_TASK DIRECTIONS_:
Could you return every line of the material that contains the word "crate"?

_SUPPLIED RECORDS_:

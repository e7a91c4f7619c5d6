//! Payloads.
ghost use Rattle.std.specs.Prelude.{◌≡◌, option_map, length, IfOk};
ghost use Rattle.std.specs.List.{list_all};
ghost use Rattle.sf_script_calls.specs.Payloads.{is_text_byte, bytes_of, text_of, hex_of, star_byte_of, copies_of, payload_of};
ghost use Rattle.sf_script_calls.specs.Views.{payload_view};

use crate::hex_digits::{HexDigits, are_hex_digits, hex_byte, is_hex_digit};
use crate::number::number_of;
use sf_types::{Blob, Mem};
use std::alloc::Global;

/// How a payload is spelled in a line.
#[derive(Clone, Copy)]
pub enum SpelledPayload<'a> {
    /// The bytes between two quotes.
    Text(&'a [u8]),
    /// Pairs of hex digits.
    Hex(HexDigits<'a>),
    /// So many copies of a byte.
    Copies(u64, u8),
}

// Whether a byte may stand in a text.
fn is_text_byte(byte: u8) -> bool
    ensures { result ≡ is_text_byte byte }
{
    (32..=126).contains(&byte) && byte != b'"'
}

/// Whether each byte may stand in a text: 0x20 to 0x7E without the quote.
pub fn are_text_bytes(bytes: &[u8]) -> bool
    ensures { result ≡ list_all is_text_byte bytes.now }
{
    bytes.iter().all(|byte| is_text_byte(*byte))
}

// A payload that is spelled as a text.
#[tactic(auto, unfolding(crate::specs::Payloads::text_of))]
fn text_of(text: &[u8]) -> Option<SpelledPayload<'_>>
    ensures { option_map payload_view result ≡ text_of text.now }
{
    if text.len() < 3 || text[0] != b'"' || text[text.len() - 1] != b'"' {
        return None;
    }
    let inner = &text[1..text.len() - 1];
    if are_text_bytes(inner) {
        Some(SpelledPayload::Text(inner))
    } else {
        None
    }
}

// A payload that is spelled in hex digits.
#[tactic(auto, unfolding(crate::specs::Payloads::hex_of))]
fn hex_of(text: &[u8]) -> Option<SpelledPayload<'_>>
    ensures { option_map payload_view result ≡ hex_of text.now }
{
    if text.len() < 3 || text[0] != b'x' {
        return None;
    }
    let digits = &text[1..];
    if digits.len() % 2 == 0 && are_hex_digits(digits) {
        Some(SpelledPayload::Hex(HexDigits::new(digits)))
    } else {
        None
    }
}

// The byte of a star, an x and two hex digits.
#[tactic(auto, unfolding(crate::specs::Payloads::star_byte_of))]
fn star_byte_of(text: &[u8]) -> Option<u8>
    ensures { result ≡ star_byte_of text.now }
{
    if text.len() != 4 || text[0] != b'*' || text[1] != b'x' {
        return None;
    }
    let high = text[2];
    let low = text[3];
    if is_hex_digit(high) && is_hex_digit(low) {
        Some(hex_byte(high, low))
    } else {
        None
    }
}

// A payload that is spelled as copies of a byte.
#[tactic(auto, unfolding(crate::specs::Payloads::copies_of))]
fn copies_of(text: &[u8]) -> Option<SpelledPayload<'_>>
    ensures { option_map payload_view result ≡ copies_of text.now }
{
    let place = text.len().saturating_sub(4);
    let number = number_of(&text[..place])?;
    let byte = star_byte_of(&text[place..])?;
    if 1 <= number {
        Some(SpelledPayload::Copies(number, byte))
    } else {
        None
    }
}

// The payload that a text spells.
#[tactic(auto, unfolding(crate::specs::Payloads::payload_of))]
pub fn payload_of(text: &[u8]) -> Option<SpelledPayload<'_>>
    ensures { option_map payload_view result ≡ payload_of text.now }
{
    if let Some(payload) = text_of(text) {
        return Some(payload);
    }
    if let Some(payload) = hex_of(text) {
        return Some(payload);
    }
    copies_of(text)
}

// The number of bytes of a payload.
pub fn length_of(payload: SpelledPayload) -> u64
    ensures { result ≡ length (bytes_of (payload_view payload.entry)) }
{
    match payload {
        SpelledPayload::Text(bytes) => bytes.len() as u64,
        SpelledPayload::Hex(hex) => hex.byte_count(),
        SpelledPayload::Copies(number, _) => number,
    }
}

// The bytes of a payload.
pub fn bytes_of(alloc: Global, payload: SpelledPayload) -> Mem<Blob>
    ensures { IfOk result (λ bytes. bytes ≡ bytes_of (payload_view payload.entry)) }
{
    match payload {
        SpelledPayload::Text(bytes) => Blob::new(alloc, bytes),
        SpelledPayload::Hex(hex) => Blob::from_vec(hex.bytes(alloc)?),
        SpelledPayload::Copies(number, byte) => {
            Blob::from_vec(vec![in alloc; byte; number as usize]?)
        }
    }
}
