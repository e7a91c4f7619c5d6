//! The release of runs of blocks, word by word.
#![tactic(auto)]

mod mask;
mod runs;

pub use runs::{release, release_run};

_RESULT OF THE EXERCISE_:
use crate::hex_digits::{HexDigits, are_hex_digits, hex_byte, is_hex_digit};
use crate::number::number_of;
#[tactic(auto, unfolding(crate::specs::Payloads::text_of))]
#[tactic(auto, unfolding(crate::specs::Payloads::hex_of))]
#[tactic(auto, unfolding(crate::specs::Payloads::star_byte_of))]
#[tactic(auto, unfolding(crate::specs::Payloads::copies_of))]
#[tactic(auto, unfolding(crate::specs::Payloads::payload_of))]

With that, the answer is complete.